Your task |
Beginning with the first entry, print all the records exactly.

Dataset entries
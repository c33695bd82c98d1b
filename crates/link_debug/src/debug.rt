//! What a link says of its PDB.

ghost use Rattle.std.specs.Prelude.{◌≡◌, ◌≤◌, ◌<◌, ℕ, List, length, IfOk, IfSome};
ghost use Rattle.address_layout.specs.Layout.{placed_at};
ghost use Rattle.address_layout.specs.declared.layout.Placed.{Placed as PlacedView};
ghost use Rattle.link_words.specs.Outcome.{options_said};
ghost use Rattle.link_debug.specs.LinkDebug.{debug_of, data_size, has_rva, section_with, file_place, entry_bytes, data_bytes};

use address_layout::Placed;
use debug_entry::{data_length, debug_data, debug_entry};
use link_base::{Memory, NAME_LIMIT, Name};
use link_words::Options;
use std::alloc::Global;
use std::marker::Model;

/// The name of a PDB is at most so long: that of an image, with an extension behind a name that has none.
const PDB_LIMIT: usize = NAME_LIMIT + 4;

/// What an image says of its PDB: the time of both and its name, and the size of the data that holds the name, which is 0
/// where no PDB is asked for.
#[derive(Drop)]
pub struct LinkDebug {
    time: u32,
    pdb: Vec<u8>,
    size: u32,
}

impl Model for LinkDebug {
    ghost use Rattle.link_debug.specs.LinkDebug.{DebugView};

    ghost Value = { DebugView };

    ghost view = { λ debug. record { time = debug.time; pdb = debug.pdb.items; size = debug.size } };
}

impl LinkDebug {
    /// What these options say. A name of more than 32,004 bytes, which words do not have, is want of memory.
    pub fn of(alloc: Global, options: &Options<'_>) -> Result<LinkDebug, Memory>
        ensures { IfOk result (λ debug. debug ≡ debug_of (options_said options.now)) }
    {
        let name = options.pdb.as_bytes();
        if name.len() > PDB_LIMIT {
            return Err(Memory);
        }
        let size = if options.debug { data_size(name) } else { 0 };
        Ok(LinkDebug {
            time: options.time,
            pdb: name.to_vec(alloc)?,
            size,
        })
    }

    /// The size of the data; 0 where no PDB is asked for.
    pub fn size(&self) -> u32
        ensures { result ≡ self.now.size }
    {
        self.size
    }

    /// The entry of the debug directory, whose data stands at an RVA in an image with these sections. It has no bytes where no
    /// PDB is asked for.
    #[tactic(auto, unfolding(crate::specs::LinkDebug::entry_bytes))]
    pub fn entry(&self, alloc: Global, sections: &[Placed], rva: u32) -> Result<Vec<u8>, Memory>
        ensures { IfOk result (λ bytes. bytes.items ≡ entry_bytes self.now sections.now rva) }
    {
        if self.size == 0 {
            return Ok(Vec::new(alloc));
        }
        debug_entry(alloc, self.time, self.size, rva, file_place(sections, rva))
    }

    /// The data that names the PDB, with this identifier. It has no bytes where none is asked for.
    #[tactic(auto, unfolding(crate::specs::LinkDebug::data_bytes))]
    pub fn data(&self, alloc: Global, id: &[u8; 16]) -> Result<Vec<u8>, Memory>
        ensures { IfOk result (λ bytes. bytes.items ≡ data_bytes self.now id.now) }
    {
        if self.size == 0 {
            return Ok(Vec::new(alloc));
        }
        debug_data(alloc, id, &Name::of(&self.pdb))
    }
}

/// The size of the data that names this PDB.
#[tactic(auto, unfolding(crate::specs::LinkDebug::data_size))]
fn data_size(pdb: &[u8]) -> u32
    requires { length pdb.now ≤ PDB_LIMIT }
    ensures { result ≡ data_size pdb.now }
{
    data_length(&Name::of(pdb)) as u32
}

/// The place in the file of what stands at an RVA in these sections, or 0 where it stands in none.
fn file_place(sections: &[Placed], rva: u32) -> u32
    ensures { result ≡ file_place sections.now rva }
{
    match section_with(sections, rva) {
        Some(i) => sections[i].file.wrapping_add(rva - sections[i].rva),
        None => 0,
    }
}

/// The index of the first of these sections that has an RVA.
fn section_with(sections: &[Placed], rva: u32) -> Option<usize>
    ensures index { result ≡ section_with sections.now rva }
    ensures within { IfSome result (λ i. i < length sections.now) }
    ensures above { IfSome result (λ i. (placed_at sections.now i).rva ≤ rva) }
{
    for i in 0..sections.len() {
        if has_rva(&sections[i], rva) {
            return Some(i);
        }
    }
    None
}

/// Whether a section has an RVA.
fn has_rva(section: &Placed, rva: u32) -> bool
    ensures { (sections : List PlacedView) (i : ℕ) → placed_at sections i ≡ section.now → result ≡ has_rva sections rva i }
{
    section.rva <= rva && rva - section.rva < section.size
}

Your solution |
repository c33695bd82c98d1b
filename crates/link_debug/src/debug.rt
//! What a link says of its PDB.

ghost use Rattle.std.specs.Prelude.{◌≡◌, ◌≤◌, ◌<◌, ℕ, List, length, IfOk, IfSome};
ghost use Rattle.address_layout.specs.Layout.{placed_at};
ghost use Rattle.address_layout.specs.declared.layout.Placed.{Placed as PlacedView};
ghost use Rattle.link_words.specs.Outcome.{options_said};
ghost use Rattle.link_debug.specs.LinkDebug.{debug_of, data_size, has_rva, section_with, file_place, entry_bytes, data_bytes};

use address_layout::Placed;
use debug_entry::{data_length, debug_data, debug_entry};
use link_base::{Memory, NAME_LIMIT, Name};
use link_words::Options;
use std::alloc::Global;
use std::marker::Model;

/// The name of a PDB is at most so long: that of an image, with an extension behind a name that has none.
const PDB_LIMIT: usize = NAME_LIMIT + 4;

/// What an image says of its PDB: the time of both and its name, and the size of the data that holds the name, which is 0
/// where no PDB is asked for.
#[derive(Drop)]
pub struct LinkDebug {
    time: u32,
    pdb: Vec<u8>,
    size: u32,
}

impl Model for LinkDebug {
    ghost use Rattle.link_debug.specs.LinkDebug.{DebugView};

    ghost Value = { DebugView };

    ghost view = { λ debug. record { time = debug.time; pdb = debug.pdb.items; size = debug.size } };
}

impl LinkDebug {
    /// What these options say. A name of more than 32,004 bytes, which words do not have, is want of memory.
    pub fn of(alloc: Global, options: &Options<'_>) -> Result<LinkDebug, Memory>
        ensures { IfOk result (λ debug. debug ≡ debug_of (options_said options.now)) }
    {
        let name = options.pdb.as_bytes();
        if name.len() > PDB_LIMIT {
            return Err(Memory);
        }
        let size = if options.debug { data_size(name) } else { 0 };
        Ok(LinkDebug {
            time: options.time,
            pdb: name.to_vec(alloc)?,
            size,
        })
    }

    /// The size of the data; 0 where no PDB is asked for.
    pub fn size(&self) -> u32
        ensures { result ≡ self.now.size }
    {
        self.size
    }

    /// The entry of the debug directory, whose data stands at an RVA in an image with these sections. It has no bytes where no
    /// PDB is asked for.
    #[tactic(auto, unfolding(crate::specs::LinkDebug::entry_bytes))]
    pub fn entry(&self, alloc: Global, sections: &[Placed], rva: u32) -> Result<Vec<u8>, Memory>
        ensures { IfOk result (λ bytes. bytes.items ≡ entry_bytes self.now sections.now rva) }
    {
        if self.size == 0 {
            return Ok(Vec::new(alloc));
        }
        debug_entry(alloc, self.time, self.size, rva, file_place(sections, rva))
    }

    /// The data that names the PDB, with this identifier. It has no bytes where none is asked for.
    #[tactic(auto, unfolding(crate::specs::LinkDebug::data_bytes))]
    pub fn data(&self, alloc: Global, id: &[u8; 16]) -> Result<Vec<u8>, Memory>
        ensures { IfOk result (λ bytes. bytes.items ≡ data_bytes self.now id.now) }
    {
        if self.size == 0 {
            return Ok(Vec::new(alloc));
        }
        debug_data(alloc, id, &Name::of(&self.pdb))
    }
}

/// The size of the data that names this PDB.
#[tactic(auto, unfolding(crate::specs::LinkDebug::data_size))]
fn data_size(pdb: &[u8]) -> u32
    requires { length pdb.now ≤ PDB_LIMIT }
    ensures { result ≡ data_size pdb.now }
{
    data_length(&Name::of(pdb)) as u32
}

/// The place in the file of what stands at an RVA in these sections, or 0 where it stands in none.
fn file_place(sections: &[Placed], rva: u32) -> u32
    ensures { result ≡ file_place sections.now rva }
{
    match section_with(sections, rva) {
        Some(i) => sections[i].file.wrapping_add(rva - sections[i].rva),
        None => 0,
    }
}

/// The index of the first of these sections that has an RVA.
fn section_with(sections: &[Placed], rva: u32) -> Option<usize>
    ensures index { result ≡ section_with sections.now rva }
    ensures within { IfSome result (λ i. i < length sections.now) }
    ensures above { IfSome result (λ i. (placed_at sections.now i).rva ≤ rva) }
{
    for i in 0..sections.len() {
        if has_rva(&sections[i], rva) {
            return Some(i);
        }
    }
    None
}

/// Whether a section has an RVA.
fn has_rva(section: &Placed, rva: u32) -> bool
    ensures { (sections : List PlacedView) (i : ℕ) → placed_at sections i ≡ section.now → result ≡ has_rva sections rva i }
{
    section.rva <= rva && rva - section.rva < section.size
}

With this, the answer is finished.